(Dataset entries)
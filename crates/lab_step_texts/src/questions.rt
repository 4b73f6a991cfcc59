//! Questions about moments, each on a line of a table `[ask]`.
ghost use Rattle.std.specs.Prelude.{ℕ, List, ◌≡◌, ◌++◌, ◌<◌, All, IfErr, IfNone, IfOk, IfSome, MatchOption, OnOk, Some, codes, false, is_some, length, map, option_map, string_bytes, true};
ghost use Rattle.evl_scenario.specs.Lines.{line_feed};
ghost use Rattle.lab_scenario_orders.specs.KeyLines as keys;
ghost use Rattle.lab_scenario_orders.specs.Splits.{joined_lines};
ghost use Rattle.lab_step_orders.specs.declared.watches.StepWatch.{StepWatch};
ghost use Rattle.lab_step_texts.specs.FactTexts.{claim_in};
ghost use Rattle.lab_step_texts.specs.Questions.{AreAsked, AreOn, Claims, IsLineFault, IsListed, IsNoFacts, IsOne, IsParted, IsUnasked, IsUnlisted, IsUnread, IsUnreadAt, IsUnreadIn, IsUnreadOf, IsWithout, LineAsks, are_there, has_strange, is_there, joined_by, line_fault, names_there, unasked_line, unasked_lines, value_set, when_asked, when_named, when_set};

use crate::fact_texts::claim_in;
use crate::faults::{StepsFault, Unread};
use crate::near::near_word;
use evl_base::Board;
use evl_scenario::Fault;
use lab_kinds::bare;
use lab_scenario_orders::{When, is_asked};
use lab_step_orders::{StepClaim, StepFact, StepWatch};
use std::alloc::{AllocError, Global};

/// Why a line asks nothing.
#[derive(Clone, Copy, PartialEq, Eq)]
pub(crate) enum NotAsked {
    /// It isn't set to texts in brackets.
    Value,
    /// The text with this number, from 1, isn't facts; this word of facts may be meant.
    Text(usize, Option<&'static str>),
    /// Memory couldn't grow.
    Memory,
}

// The parts before and after the first `=`.
fn around_equals(text: &str) -> Option<(&str, &str)>
    ensures { option_map (λ parts. (parts.0.now, parts.1.now)) result ≡ keys.around_equals text.now }
{
    match text.split_once('=') {
        Some(parts) => Some(parts),
        None => None,
    }
}

// When a key asks for facts.
fn when_named(key: &str) -> Option<When>
    ensures { result ≡ when_named key.now }
{
    match key {
        "never_state" => Some(When::Never),
        "sometimes" => Some(When::Sometimes),
        "always" => Some(When::Always),
        _ => None,
    }
}

// When a line asks for facts.
fn when_set(line: &str) -> Option<When>
    ensures { result ≡ when_set line.now }
{
    match around_equals(bare(line)) {
        Some((key, _)) => when_named(key.trim()),
        None => None,
    }
}

// As `when_set`, of a line that is in a table `[ask]` or not.
fn when_asked(is_in: bool, line: &str) -> Option<When>
    ensures { result ≡ when_asked is_in line.now }
{
    if is_in { when_set(line) } else { None }
}

// To what a line sets its key.
fn value_set(line: &str) -> Option<&str>
    ensures { option_map (λ value. value.now) result ≡ value_set line.now }
{
    match around_equals(bare(line)) {
        Some((_, value)) => Some(value.trim()),
        None => None,
    }
}

// The parts before and after a text in another one.
fn around<'a>(text: &'a str, between: &str) -> Option<(&'a str, &'a str)>
    requires { 0 < length between.now }
    ensures written { IfSome result (λ parts. text.now ≡ parts.0.now ++ (between.now ++ parts.1.now)) }
    ensures first { IfSome result (λ parts. IsWithout between.now parts.0.now) }
    ensures none { IfNone result (IsWithout between.now text.now) }
{
    match text.split_once(between) {
        Some(parts) => Some(parts),
        None => None,
    }
}

// The part after this front part of a text.
fn behind<'a>(text: &'a str, front: &str) -> Option<&'a str>
    ensures { MatchOption result ((rest : List ℕ) → text.now ≡ front.now ++ rest → ⊥) (λ rest. text.now ≡ front.now ++ rest.now) }
{
    match text.strip_prefix(front) {
        Some(rest) => Some(rest),
        None => None,
    }
}

// The part before this end of a text.
fn before<'a>(text: &'a str, end: &str) -> Option<&'a str>
    ensures { MatchOption result ((front : List ℕ) → text.now ≡ front ++ end.now → ⊥) (λ front. text.now ≡ front.now ++ end.now) }
{
    match text.strip_suffix(end) {
        Some(front) => Some(front),
        None => None,
    }
}

// The part within the brackets of a list and its first and last quotes.
fn listed(value: &str) -> Option<&str>
    ensures listed { IfSome result (λ texts. IsListed value.now texts.now) }
    ensures none { IfNone result ((texts : List ℕ) → IsListed value.now texts → ⊥) }
{
    let Some(quoted) = behind(value, "[\"") else {
        return None;
    };
    let Some(texts) = before(quoted, "\"]") else {
        return None;
    };
    if texts.contains("\"]") {
        None
    } else {
        Some(texts)
    }
}

// The texts between which this is.
fn pieces<'a>(alloc: Global, text: &'a str, between: &str) -> Result<Vec<&'a str>, AllocError>
    requires { 0 < length between.now }
    ensures { IfOk result (λ texts. IsParted between.now text.now (map (λ one. one.now) texts.items)) }
{
    let mut texts = Vec::new(alloc);
    let mut rest = text;
    while let Some((one, behind)) = around(rest, between) {
        texts.push(one)?;
        rest = behind;
    }
    texts.push(rest)?;
    Ok(texts)
}

// The claims of these texts; none where one isn't a fact.
fn claims_of(alloc: Global, texts: &[&str]) -> Result<Option<Vec<StepClaim>>, AllocError>
    ensures each { IfOk result (λ all. IfSome all (λ claims. map claim_in (map (λ one. one.now) texts.now) ≡ map (λ claim. Some claim) claims.items)) }
    ensures strange { IfOk result (λ all. IfNone all (has_strange (map (λ one. one.now) texts.now) ≡ true)) }
{
    let mut claims = Vec::new(alloc);
    for text in texts {
        match claim_in(*text) {
            Some(claim) => claims.push(claim)?,
            None => return Ok(None),
        }
    }
    Ok(Some(claims))
}

// The claims of a text; none where it isn't facts with `and` between them.
fn claims_in(alloc: Global, text: &str) -> Result<Option<Vec<StepClaim>>, AllocError>
    ensures claims { IfOk result (λ all. IfSome all (λ claims. Claims text.now claims.items)) }
    ensures none { IfOk result (λ all. IfNone all (IsNoFacts text.now)) }
{
    let texts = pieces(alloc, text, " and ")?;
    claims_of(alloc, texts.as_slice())
}

// A question with this text, which claims this.
fn claimed(
    alloc: Global,
    when: When,
    text: &str,
    claims: Vec<StepClaim>,
) -> Result<StepWatch, AllocError>
    requires { Claims text.now claims.items }
    ensures text { IfOk result (λ watch. string_bytes watch.text ≡ text.now) }
    ensures is { IfOk result (IsOne when) }
{
    let text = String::from_str(alloc, text)?;
    Ok(StepWatch { when, text, claims })
}

// The text with this number isn't facts.
fn unread(alloc: Global, number: usize, text: &str) -> NotAsked
    requires { IsNoFacts text.now }
    ensures { IsUnread number text.now result }
{
    match near_word(alloc, text) {
        Ok(meant) => NotAsked::Text(number, meant),
        Err(_) => NotAsked::Memory,
    }
}

// The question that the text with this number asks.
fn question(alloc: Global, when: When, number: usize, text: &str) -> Result<StepWatch, NotAsked>
    ensures text { IfOk result (λ watch. string_bytes watch.text ≡ text.now) }
    ensures is { IfOk result (IsOne when) }
    ensures unread { IfErr result (IsUnread number text.now) }
{
    let Ok(claims) = claims_in(alloc, text) else {
        return Err(NotAsked::Memory);
    };
    match claims {
        Some(claims) => match claimed(alloc, when, text, claims) {
            Ok(watch) => Ok(watch),
            Err(_) => Err(NotAsked::Memory),
        },
        None => Err(unread(alloc, number, text)),
    }
}

// The questions that these texts ask.
fn questions(alloc: Global, when: When, texts: &[&str]) -> Result<Vec<StepWatch>, NotAsked>
    ensures texts { IfOk result (λ watches. map (λ watch. string_bytes watch.text) watches.items ≡ map (λ one. one.now) texts.now) }
    ensures are { IfOk result (λ watches. All (IsOne when) watches.items) }
    ensures unread { IfErr result (IsUnreadOf (map (λ one. one.now) texts.now)) }
{
    let mut watches = Vec::new(alloc);
    for (i, text) in texts.iter().enumerate() {
        let watch = match question(alloc, when, i + 1, *text) {
            Ok(watch) => watch,
            Err(why) => return Err(why),
        };
        match watches.push(watch) {
            Ok(()) => {}
            Err(_) => return Err(NotAsked::Memory),
        }
    }
    Ok(watches)
}

// The questions of texts in quotes, with commas between them.
fn questions_in_list(alloc: Global, when: When, text: &str) -> Result<Vec<StepWatch>, NotAsked>
    ensures asked { IfOk result (λ watches. (joined_by (codes "\", \"") (map (λ watch. string_bytes watch.text) watches.items) ≡ text.now) × All (IsOne when) watches.items) }
    ensures unread { IfErr result (IsUnreadIn text.now) }
{
    let Ok(texts) = pieces(alloc, text, "\", \"") else {
        return Err(NotAsked::Memory);
    };
    questions(alloc, when, texts.as_slice())
}

// The questions of a key that is set to this.
fn questions_on(alloc: Global, when: When, value: &str) -> Result<Vec<StepWatch>, NotAsked>
    ensures asked { IfOk result (λ watches. AreOn when value.now watches.items) }
    ensures unread { IfErr result (IsUnlisted value.now) }
{
    match listed(value) {
        Some(text) => questions_in_list(alloc, when, text),
        None => Err(NotAsked::Value),
    }
}

// The questions of a line that sets a key for this.
fn questions_at(alloc: Global, when: When, line: &str) -> Result<Vec<StepWatch>, NotAsked>
    ensures asked { IfOk result (λ watches. LineAsks (Some when) line.now watches.items) }
    ensures unread { IfErr result (IsUnreadAt line.now) }
{
    match value_set(line) {
        Some(value) => questions_on(alloc, when, value),
        None => Err(NotAsked::Value),
    }
}

// Why the line with this number asks nothing, which sets a key for this.
fn line_fault(when: When, number: usize, why: NotAsked) -> StepsFault
    ensures { result ≡ line_fault when number why }
{
    match why {
        NotAsked::Value => StepsFault::Question(number),
        NotAsked::Text(text, meant) => StepsFault::Facts(
            number,
            Unread {
                when,
                number: text,
                meant,
            },
        ),
        NotAsked::Memory => StepsFault::Text(Fault::Memory),
    }
}

// These with others after them.
fn joined(watches: Vec<StepWatch>, others: Vec<StepWatch>) -> Result<Vec<StepWatch>, AllocError>
    ensures { IfOk result (λ all. all.items ≡ watches.items ++ others.items) }
{
    let mut all = watches;
    for watch in others {
        all.push(watch)?;
    }
    Ok(all)
}

// These with the questions of a line after them that sets a key for this.
fn with_questions(
    alloc: Global,
    board: &Board,
    all: Vec<StepWatch>,
    when: When,
    line: &str,
    number: usize,
) -> Result<Vec<StepWatch>, StepsFault>
    ensures asked { IfOk result (λ next. (now : List StepWatch) × (next.items ≡ all.items ++ now) × LineAsks (Some when) line.now now × (are_there board.now now ≡ true)) }
    ensures refused { IfErr result (IsLineFault board.now (Some when) line.now number) }
{
    let now = match questions_at(alloc, when, line) {
        Ok(now) => now,
        Err(why) => return Err(line_fault(when, number, why)),
    };
    if !are_there(board, now.as_slice()) {
        return Err(StepsFault::Lacking(number));
    }
    match joined(all, now) {
        Ok(next) => Ok(next),
        Err(_) => Err(StepsFault::Text(Fault::Memory)),
    }
}

// These with the questions of a line after them.
fn with_line(
    alloc: Global,
    board: &Board,
    all: Vec<StepWatch>,
    when: Option<When>,
    line: &str,
    number: usize,
) -> Result<Vec<StepWatch>, StepsFault>
    ensures asked { IfOk result (λ next. (now : List StepWatch) × (next.items ≡ all.items ++ now) × LineAsks when line.now now × (are_there board.now now ≡ true)) }
    ensures refused { IfErr result (IsLineFault board.now when line.now number) }
{
    match when {
        Some(when) => with_questions(alloc, board, all, when, line, number),
        None => Ok(all),
    }
}

/// The questions of a text's lines, which name what the board has.
pub(crate) fn questions_in(
    alloc: Global,
    board: &Board,
    lines: &[&str],
) -> Result<Vec<StepWatch>, StepsFault>
    ensures asked { IfOk result (λ all. AreAsked false (map (λ line. line.now) lines.now) all.items) }
    ensures there { IfOk result (λ all. are_there board.now all.items ≡ true) }
    ensures refused { IfErr result (IsUnasked board.now (map (λ line. line.now) lines.now)) }
{
    let mut all = Vec::new(alloc);
    let mut is = false;
    for (i, line) in lines.iter().enumerate() {
        is = is_asked(is, *line);
        match with_line(alloc, board, all, when_asked(is, *line), *line, i + 1) {
            Ok(next) => all = next,
            Err(fault) => return Err(fault),
        }
    }
    Ok(all)
}

// Whether a line that is in a table `[ask]` or not asks for facts.
fn asks_facts(is_in: bool, line: &str) -> bool
    ensures { result ≡ is_some (when_asked is_in line.now) }
{
    when_asked(is_in, line).is_some()
}

// Puts a line to the text without these lines, blank where it is one.
fn put_unasked(text: &mut String, is_in: bool, line: &str) -> Result<(), AllocError>
    ensures { OnOk result (string_bytes text.new ≡ string_bytes text.old ++ (unasked_line is_in line.now ++ line_feed)) }
{
    if !asks_facts(is_in, line) {
        text.push_str(line)?;
    }
    text.push_str("\n")
}

/// A text without these lines, each other one at its place.
pub(crate) fn unasked_in(alloc: Global, lines: &[&str]) -> Result<String, AllocError>
    ensures { IfOk result (λ text. string_bytes text ≡ joined_lines (unasked_lines false (map (λ line. line.now) lines.now))) }
{
    let mut text = String::new(alloc);
    let mut is = false;
    for line in lines {
        is = is_asked(is, *line);
        put_unasked(&mut text, is, *line)?;
    }
    Ok(text)
}

// Whether a board has what a fact names.
fn is_there(board: &Board, fact: StepFact) -> bool
    ensures { result ≡ is_there board.now fact }
{
    match fact {
        StepFact::HoldsStax(who, stax) => {
            who.0 < board.threads && usize::from(stax.0) < board.staxes.len()
        }
        StepFact::HeldOn(stax, _) => usize::from(stax.0) < board.staxes.len(),
        StepFact::StaxClaimed(stax) => usize::from(stax.0) < board.staxes.len(),
        StepFact::HoldsMutex(who, mutex) => {
            who.0 < board.threads && usize::from(mutex.0) < board.mutexes.len()
        }
        StepFact::MutexFree(mutex) => usize::from(mutex.0) < board.mutexes.len(),
        StepFact::MutexClaimed(mutex) => usize::from(mutex.0) < board.mutexes.len(),
        StepFact::HasCore(who) => who.0 < board.threads,
        StepFact::CoreFree => true,
    }
}

// Whether it has what a question names.
fn names_there(board: &Board, watch: &StepWatch) -> bool
    ensures { result ≡ names_there board.now watch.now }
{
    for claim in &watch.claims {
        if !is_there(board, claim.fact) {
            return false;
        }
    }
    true
}

// Whether it has what these name.
fn are_there(board: &Board, watches: &[StepWatch]) -> bool
    ensures { result ≡ are_there board.now watches.now }
{
    for watch in watches {
        if !names_there(board, watch) {
            return false;
        }
    }
    true
}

**Problem to solve**
Please return every line from the first one in the records above down to the line containing "fn around_equals(text: &str)", including both, exactly as written and nothing more.

**Exercise result**
filename crates/lab_step_texts/src/questions.rt
repository 4b73f6a991cfcc59
//! Questions about moments, each on a line of a table `[ask]`.
ghost use Rattle.std.specs.Prelude.{ℕ, List, ◌≡◌, ◌++◌, ◌<◌, All, IfErr, IfNone, IfOk, IfSome, MatchOption, OnOk, Some, codes, false, is_some, length, map, option_map, string_bytes, true};
ghost use Rattle.evl_scenario.specs.Lines.{line_feed};
ghost use Rattle.lab_scenario_orders.specs.KeyLines as keys;
ghost use Rattle.lab_scenario_orders.specs.Splits.{joined_lines};
ghost use Rattle.lab_step_orders.specs.declared.watches.StepWatch.{StepWatch};
ghost use Rattle.lab_step_texts.specs.FactTexts.{claim_in};
ghost use Rattle.lab_step_texts.specs.Questions.{AreAsked, AreOn, Claims, IsLineFault, IsListed, IsNoFacts, IsOne, IsParted, IsUnasked, IsUnlisted, IsUnread, IsUnreadAt, IsUnreadIn, IsUnreadOf, IsWithout, LineAsks, are_there, has_strange, is_there, joined_by, line_fault, names_there, unasked_line, unasked_lines, value_set, when_asked, when_named, when_set};

use crate::fact_texts::claim_in;
use crate::faults::{StepsFault, Unread};
use crate::near::near_word;
use evl_base::Board;
use evl_scenario::Fault;
use lab_kinds::bare;
use lab_scenario_orders::{When, is_asked};
use lab_step_orders::{StepClaim, StepFact, StepWatch};
use std::alloc::{AllocError, Global};

/// Why a line asks nothing.
#[derive(Clone, Copy, PartialEq, Eq)]
pub(crate) enum NotAsked {
    /// It isn't set to texts in brackets.
    Value,
    /// The text with this number, from 1, isn't facts; this word of facts may be meant.
    Text(usize, Option<&'static str>),
    /// Memory couldn't grow.
    Memory,
}

// The parts before and after the first `=`.
fn around_equals(text: &str) -> Option<(&str, &str)>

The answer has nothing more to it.